=== Begin Enclosure ===

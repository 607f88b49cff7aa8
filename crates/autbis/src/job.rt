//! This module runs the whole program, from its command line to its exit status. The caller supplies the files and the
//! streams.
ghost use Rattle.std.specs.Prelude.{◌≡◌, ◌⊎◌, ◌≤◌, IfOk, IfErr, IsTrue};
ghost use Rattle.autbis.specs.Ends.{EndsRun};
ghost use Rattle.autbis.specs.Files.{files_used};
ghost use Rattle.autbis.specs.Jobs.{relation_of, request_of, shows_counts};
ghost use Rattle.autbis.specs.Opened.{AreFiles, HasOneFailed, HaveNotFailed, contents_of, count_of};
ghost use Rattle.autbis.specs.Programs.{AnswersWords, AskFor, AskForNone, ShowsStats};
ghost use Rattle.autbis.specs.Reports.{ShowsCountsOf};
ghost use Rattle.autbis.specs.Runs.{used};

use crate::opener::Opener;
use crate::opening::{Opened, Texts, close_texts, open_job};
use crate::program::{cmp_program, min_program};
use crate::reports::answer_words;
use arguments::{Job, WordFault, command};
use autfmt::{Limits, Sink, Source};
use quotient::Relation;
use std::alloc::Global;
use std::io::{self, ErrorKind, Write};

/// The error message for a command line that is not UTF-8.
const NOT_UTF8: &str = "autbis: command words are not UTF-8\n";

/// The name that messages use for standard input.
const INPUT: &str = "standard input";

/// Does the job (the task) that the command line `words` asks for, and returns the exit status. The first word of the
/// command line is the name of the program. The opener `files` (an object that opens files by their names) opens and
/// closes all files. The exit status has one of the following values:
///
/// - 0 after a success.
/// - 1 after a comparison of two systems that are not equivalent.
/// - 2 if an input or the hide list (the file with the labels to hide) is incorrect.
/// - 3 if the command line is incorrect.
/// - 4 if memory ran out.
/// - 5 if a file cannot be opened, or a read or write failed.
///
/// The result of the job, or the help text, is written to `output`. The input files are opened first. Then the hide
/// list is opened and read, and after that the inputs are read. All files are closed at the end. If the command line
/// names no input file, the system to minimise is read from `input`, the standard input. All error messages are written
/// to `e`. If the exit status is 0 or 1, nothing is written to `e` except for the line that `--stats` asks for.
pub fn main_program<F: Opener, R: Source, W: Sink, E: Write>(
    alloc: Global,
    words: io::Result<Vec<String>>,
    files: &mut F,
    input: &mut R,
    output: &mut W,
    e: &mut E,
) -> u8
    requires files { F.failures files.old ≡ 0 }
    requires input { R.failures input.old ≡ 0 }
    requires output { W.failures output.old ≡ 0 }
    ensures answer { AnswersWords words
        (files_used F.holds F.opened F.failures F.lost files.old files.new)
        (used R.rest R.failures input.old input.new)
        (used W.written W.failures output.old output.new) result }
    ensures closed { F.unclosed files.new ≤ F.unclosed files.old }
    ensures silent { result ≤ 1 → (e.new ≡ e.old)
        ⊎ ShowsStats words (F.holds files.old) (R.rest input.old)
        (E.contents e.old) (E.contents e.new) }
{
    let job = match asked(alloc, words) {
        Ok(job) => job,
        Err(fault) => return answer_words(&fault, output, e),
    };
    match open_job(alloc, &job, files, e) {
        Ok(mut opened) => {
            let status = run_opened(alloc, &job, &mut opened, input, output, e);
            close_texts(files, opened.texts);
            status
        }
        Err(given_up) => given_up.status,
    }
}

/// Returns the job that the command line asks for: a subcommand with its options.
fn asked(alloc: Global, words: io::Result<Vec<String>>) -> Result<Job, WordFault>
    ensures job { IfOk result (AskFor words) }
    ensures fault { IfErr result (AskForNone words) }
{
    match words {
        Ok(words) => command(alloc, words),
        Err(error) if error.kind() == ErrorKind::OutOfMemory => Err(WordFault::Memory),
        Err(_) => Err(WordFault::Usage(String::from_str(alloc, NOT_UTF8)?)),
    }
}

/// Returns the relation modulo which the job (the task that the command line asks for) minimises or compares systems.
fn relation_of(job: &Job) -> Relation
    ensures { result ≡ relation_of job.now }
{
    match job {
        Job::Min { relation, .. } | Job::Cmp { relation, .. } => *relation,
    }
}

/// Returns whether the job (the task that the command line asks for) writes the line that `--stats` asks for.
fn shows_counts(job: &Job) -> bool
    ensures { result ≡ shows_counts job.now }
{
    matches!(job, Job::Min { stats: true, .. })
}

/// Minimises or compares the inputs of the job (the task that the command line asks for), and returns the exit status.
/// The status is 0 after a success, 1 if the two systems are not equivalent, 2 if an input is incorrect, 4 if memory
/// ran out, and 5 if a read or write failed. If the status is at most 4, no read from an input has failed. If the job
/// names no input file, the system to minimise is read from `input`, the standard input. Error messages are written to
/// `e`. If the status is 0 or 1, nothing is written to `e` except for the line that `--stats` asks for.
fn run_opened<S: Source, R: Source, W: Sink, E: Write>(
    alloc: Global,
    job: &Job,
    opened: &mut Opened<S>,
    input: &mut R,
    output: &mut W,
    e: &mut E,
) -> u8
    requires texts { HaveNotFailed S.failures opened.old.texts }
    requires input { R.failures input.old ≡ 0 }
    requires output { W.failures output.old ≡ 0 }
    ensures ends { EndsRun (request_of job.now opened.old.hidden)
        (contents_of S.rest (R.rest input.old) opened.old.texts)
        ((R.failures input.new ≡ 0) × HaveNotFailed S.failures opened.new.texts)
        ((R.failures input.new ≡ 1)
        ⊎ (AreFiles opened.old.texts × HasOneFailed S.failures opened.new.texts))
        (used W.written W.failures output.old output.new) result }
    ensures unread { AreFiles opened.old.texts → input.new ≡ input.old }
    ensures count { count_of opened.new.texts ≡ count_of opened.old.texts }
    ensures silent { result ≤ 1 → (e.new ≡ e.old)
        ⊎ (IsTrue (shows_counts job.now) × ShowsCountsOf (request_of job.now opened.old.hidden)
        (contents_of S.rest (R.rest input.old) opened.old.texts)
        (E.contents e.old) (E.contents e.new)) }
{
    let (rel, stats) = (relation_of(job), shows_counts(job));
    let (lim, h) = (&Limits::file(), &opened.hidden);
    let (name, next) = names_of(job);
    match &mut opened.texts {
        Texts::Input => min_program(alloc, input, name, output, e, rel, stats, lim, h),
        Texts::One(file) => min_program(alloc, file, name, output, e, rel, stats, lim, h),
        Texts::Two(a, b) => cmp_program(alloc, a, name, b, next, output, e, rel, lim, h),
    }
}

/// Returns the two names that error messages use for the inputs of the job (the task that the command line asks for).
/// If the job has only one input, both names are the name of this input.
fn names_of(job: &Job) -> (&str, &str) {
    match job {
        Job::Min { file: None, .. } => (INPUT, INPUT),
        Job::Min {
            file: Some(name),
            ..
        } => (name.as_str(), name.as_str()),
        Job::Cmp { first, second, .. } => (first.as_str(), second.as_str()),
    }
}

=== End Enclosure ===

Of the lines above, extract only those from the line with "result ≡ relation_of" to the line with "AreFiles opened.old.texts →", both included, exactly as written.

    ensures { result ≡ relation_of job.now }
{
    match job {
        Job::Min { relation, .. } | Job::Cmp { relation, .. } => *relation,
    }
}

/// Returns whether the job (the task that the command line asks for) writes the line that `--stats` asks for.
fn shows_counts(job: &Job) -> bool
    ensures { result ≡ shows_counts job.now }
{
    matches!(job, Job::Min { stats: true, .. })
}

/// Minimises or compares the inputs of the job (the task that the command line asks for), and returns the exit status.
/// The status is 0 after a success, 1 if the two systems are not equivalent, 2 if an input is incorrect, 4 if memory
/// ran out, and 5 if a read or write failed. If the status is at most 4, no read from an input has failed. If the job
/// names no input file, the system to minimise is read from `input`, the standard input. Error messages are written to
/// `e`. If the status is 0 or 1, nothing is written to `e` except for the line that `--stats` asks for.
fn run_opened<S: Source, R: Source, W: Sink, E: Write>(
    alloc: Global,
    job: &Job,
    opened: &mut Opened<S>,
    input: &mut R,
    output: &mut W,
    e: &mut E,
) -> u8
    requires texts { HaveNotFailed S.failures opened.old.texts }
    requires input { R.failures input.old ≡ 0 }
    requires output { W.failures output.old ≡ 0 }
    ensures ends { EndsRun (request_of job.now opened.old.hidden)
        (contents_of S.rest (R.rest input.old) opened.old.texts)
        ((R.failures input.new ≡ 0) × HaveNotFailed S.failures opened.new.texts)
        ((R.failures input.new ≡ 1)
        ⊎ (AreFiles opened.old.texts × HasOneFailed S.failures opened.new.texts))
        (used W.written W.failures output.old output.new) result }
    ensures unread { AreFiles opened.old.texts → input.new ≡ input.old }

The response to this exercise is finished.